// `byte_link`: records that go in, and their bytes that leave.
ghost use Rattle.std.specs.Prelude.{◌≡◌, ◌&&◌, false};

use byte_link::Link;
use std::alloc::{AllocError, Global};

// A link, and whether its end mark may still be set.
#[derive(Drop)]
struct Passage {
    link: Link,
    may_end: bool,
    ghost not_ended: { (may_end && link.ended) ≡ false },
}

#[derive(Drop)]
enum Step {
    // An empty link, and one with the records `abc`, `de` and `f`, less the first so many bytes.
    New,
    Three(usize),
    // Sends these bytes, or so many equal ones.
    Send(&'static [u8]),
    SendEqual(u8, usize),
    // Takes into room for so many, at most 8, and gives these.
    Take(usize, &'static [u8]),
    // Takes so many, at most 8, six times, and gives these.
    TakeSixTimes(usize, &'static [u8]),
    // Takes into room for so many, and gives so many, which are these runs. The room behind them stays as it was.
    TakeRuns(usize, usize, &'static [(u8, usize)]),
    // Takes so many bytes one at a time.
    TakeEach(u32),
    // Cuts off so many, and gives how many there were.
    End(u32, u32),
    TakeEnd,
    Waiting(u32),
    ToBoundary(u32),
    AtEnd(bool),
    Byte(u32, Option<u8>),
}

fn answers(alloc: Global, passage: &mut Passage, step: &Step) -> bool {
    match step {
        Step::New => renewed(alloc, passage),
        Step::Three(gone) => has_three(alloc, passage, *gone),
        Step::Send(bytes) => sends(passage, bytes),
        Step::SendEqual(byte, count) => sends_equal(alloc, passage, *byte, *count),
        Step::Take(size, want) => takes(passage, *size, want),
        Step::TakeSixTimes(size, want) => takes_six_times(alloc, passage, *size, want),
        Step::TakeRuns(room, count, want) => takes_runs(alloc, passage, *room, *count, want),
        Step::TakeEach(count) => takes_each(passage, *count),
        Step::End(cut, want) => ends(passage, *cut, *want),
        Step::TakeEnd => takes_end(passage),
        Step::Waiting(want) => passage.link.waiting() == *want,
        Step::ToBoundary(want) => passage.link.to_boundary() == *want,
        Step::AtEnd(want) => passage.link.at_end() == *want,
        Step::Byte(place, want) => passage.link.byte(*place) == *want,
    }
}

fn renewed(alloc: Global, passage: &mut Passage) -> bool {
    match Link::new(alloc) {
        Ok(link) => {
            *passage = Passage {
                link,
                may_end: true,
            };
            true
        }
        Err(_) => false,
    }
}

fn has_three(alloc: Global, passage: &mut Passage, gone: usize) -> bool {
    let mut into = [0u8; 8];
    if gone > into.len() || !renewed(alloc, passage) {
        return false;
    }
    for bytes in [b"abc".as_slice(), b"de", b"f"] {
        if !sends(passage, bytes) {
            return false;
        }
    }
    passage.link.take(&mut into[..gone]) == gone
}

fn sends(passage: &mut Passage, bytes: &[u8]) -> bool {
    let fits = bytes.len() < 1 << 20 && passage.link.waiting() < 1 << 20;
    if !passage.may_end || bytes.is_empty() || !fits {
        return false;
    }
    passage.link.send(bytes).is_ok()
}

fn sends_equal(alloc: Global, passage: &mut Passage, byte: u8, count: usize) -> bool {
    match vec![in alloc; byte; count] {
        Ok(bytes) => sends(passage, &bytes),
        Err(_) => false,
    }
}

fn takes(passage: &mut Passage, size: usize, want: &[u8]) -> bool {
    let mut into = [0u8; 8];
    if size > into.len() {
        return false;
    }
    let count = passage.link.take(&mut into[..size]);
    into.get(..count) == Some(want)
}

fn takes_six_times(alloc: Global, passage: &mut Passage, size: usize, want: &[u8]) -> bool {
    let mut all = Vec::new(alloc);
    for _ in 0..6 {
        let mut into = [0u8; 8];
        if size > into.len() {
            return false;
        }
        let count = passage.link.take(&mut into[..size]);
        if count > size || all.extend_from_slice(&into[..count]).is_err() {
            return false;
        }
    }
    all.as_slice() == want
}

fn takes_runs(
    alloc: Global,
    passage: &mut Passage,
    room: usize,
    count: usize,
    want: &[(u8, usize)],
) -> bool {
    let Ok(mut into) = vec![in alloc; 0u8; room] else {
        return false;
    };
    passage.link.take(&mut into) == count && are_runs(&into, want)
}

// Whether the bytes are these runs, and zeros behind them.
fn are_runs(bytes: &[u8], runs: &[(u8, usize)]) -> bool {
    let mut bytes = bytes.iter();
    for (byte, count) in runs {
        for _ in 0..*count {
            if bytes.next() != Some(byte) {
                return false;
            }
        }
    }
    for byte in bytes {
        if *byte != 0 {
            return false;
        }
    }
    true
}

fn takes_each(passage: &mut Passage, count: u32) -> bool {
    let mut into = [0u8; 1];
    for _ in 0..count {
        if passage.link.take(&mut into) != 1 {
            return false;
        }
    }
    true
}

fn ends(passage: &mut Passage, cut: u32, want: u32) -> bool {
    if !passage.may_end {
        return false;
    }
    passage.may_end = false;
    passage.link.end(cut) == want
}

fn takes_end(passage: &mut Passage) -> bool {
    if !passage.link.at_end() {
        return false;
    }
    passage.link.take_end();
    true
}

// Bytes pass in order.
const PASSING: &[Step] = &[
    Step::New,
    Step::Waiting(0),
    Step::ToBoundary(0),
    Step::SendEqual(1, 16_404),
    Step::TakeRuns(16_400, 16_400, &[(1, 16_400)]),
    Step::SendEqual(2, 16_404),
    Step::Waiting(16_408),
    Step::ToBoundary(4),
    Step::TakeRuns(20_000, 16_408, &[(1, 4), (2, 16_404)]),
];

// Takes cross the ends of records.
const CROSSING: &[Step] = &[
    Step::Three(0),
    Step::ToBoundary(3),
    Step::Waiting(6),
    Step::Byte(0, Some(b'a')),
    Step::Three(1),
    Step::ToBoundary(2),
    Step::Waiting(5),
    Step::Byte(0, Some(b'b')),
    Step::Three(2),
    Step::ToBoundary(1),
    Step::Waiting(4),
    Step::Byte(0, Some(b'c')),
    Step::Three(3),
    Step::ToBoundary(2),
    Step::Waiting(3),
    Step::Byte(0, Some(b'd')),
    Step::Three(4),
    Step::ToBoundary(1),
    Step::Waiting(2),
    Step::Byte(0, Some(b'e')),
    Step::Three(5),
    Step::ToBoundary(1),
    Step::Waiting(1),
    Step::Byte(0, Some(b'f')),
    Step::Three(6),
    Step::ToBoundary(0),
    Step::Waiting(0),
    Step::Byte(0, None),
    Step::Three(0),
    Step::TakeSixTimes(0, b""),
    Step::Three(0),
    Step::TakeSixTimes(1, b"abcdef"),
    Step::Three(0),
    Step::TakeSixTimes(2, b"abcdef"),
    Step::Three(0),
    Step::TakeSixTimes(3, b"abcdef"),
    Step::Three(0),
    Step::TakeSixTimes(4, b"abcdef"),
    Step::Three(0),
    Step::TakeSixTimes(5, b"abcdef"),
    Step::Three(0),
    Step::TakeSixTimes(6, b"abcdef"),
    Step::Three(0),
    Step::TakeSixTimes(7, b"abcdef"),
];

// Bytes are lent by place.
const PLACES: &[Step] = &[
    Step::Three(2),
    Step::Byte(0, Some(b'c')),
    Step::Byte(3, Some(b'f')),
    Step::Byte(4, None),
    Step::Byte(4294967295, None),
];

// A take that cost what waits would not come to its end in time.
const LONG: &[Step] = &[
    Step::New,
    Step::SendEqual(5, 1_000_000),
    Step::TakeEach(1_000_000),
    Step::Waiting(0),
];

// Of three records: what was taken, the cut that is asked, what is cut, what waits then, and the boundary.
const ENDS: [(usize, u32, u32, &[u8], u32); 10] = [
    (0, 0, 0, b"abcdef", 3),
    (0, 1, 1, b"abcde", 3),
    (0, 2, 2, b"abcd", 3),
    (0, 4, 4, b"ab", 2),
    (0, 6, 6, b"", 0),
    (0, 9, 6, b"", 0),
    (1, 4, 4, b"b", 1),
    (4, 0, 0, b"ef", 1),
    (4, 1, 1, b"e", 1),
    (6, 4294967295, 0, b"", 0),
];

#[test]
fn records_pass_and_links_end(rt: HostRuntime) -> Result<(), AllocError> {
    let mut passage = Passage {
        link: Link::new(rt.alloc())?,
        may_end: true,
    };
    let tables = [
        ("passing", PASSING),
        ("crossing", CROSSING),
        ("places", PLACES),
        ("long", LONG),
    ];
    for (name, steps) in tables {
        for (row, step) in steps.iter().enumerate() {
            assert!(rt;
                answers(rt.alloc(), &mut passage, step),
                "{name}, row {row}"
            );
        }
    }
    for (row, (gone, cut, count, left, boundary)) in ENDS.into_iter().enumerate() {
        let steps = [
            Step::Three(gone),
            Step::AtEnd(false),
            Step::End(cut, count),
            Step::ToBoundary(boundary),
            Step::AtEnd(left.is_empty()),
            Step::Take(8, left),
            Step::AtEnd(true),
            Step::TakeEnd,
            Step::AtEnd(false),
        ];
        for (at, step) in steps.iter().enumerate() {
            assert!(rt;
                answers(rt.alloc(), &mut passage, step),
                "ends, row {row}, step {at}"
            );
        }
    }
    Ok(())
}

* * *

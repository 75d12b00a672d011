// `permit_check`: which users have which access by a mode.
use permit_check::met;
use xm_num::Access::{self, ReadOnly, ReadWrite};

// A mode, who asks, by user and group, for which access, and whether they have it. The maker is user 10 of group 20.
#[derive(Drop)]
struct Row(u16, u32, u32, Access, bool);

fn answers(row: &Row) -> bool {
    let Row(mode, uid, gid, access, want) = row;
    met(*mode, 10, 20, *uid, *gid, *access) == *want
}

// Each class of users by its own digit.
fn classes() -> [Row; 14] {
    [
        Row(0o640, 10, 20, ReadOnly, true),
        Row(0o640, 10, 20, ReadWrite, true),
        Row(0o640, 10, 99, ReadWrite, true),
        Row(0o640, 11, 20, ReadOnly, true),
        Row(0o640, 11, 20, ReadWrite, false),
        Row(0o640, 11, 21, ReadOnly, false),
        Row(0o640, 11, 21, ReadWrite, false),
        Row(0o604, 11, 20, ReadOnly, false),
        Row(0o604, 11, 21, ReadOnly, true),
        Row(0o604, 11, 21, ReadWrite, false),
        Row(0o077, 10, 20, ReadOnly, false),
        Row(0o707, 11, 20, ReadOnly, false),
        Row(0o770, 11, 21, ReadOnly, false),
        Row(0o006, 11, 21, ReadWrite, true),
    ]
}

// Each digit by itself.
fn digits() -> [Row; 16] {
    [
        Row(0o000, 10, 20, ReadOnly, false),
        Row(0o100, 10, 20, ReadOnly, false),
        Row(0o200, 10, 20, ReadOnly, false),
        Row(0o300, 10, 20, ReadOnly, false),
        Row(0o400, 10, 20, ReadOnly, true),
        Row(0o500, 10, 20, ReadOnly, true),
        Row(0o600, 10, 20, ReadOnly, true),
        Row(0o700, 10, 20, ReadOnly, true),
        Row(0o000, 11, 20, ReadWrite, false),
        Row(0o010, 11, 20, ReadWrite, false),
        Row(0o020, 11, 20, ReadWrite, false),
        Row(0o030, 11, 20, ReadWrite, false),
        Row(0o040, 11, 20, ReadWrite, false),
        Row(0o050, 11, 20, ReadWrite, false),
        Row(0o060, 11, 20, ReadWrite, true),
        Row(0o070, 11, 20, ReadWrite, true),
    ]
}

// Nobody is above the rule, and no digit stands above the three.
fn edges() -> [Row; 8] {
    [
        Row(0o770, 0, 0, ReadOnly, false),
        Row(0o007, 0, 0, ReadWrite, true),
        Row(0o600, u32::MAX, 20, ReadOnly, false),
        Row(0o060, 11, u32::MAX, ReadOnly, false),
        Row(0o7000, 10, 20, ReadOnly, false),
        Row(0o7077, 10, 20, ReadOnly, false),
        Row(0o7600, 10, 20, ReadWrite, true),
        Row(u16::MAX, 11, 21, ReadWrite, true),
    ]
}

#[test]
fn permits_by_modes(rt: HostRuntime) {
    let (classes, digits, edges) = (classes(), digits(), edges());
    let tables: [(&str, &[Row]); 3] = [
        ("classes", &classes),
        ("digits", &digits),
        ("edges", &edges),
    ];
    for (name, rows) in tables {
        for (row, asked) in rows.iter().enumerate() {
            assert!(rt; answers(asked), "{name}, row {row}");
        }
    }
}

---

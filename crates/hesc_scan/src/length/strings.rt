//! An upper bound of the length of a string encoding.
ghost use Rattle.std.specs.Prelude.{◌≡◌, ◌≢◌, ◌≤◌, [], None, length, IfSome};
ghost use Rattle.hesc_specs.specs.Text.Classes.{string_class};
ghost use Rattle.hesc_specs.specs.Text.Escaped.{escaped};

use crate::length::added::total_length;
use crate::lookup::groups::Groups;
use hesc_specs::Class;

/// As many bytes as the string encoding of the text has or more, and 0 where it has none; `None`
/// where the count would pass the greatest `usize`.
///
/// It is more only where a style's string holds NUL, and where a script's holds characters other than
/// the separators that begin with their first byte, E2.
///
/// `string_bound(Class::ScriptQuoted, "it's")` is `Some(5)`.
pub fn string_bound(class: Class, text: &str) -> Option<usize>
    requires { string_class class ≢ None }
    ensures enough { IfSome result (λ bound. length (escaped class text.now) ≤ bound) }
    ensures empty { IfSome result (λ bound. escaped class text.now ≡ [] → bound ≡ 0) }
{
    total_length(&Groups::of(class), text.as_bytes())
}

-- EXERCISE AIM --
Reproduce the lines above, beginning at the line with "bytes that leave." and stopping after the line with "stays as it was.", exactly as they are.

-- ANSWER TO THE EXERCISE --
// `byte_link`: records that go in, and their bytes that leave.
ghost use Rattle.std.specs.Prelude.{◌≡◌, ◌&&◌, false};

use byte_link::Link;
use std::alloc::{AllocError, Global};

// A link, and whether its end mark may still be set.
#[derive(Drop)]
struct Passage {
    link: Link,
    may_end: bool,
    ghost not_ended: { (may_end && link.ended) ≡ false },
}

#[derive(Drop)]
enum Step {
    // An empty link, and one with the records `abc`, `de` and `f`, less the first so many bytes.
    New,
    Three(usize),
    // Sends these bytes, or so many equal ones.
    Send(&'static [u8]),
    SendEqual(u8, usize),
    // Takes into room for so many, at most 8, and gives these.
    Take(usize, &'static [u8]),
    // Takes so many, at most 8, six times, and gives these.
    TakeSixTimes(usize, &'static [u8]),
    // Takes into room for so many, and gives so many, which are these runs. The room behind them stays as it was.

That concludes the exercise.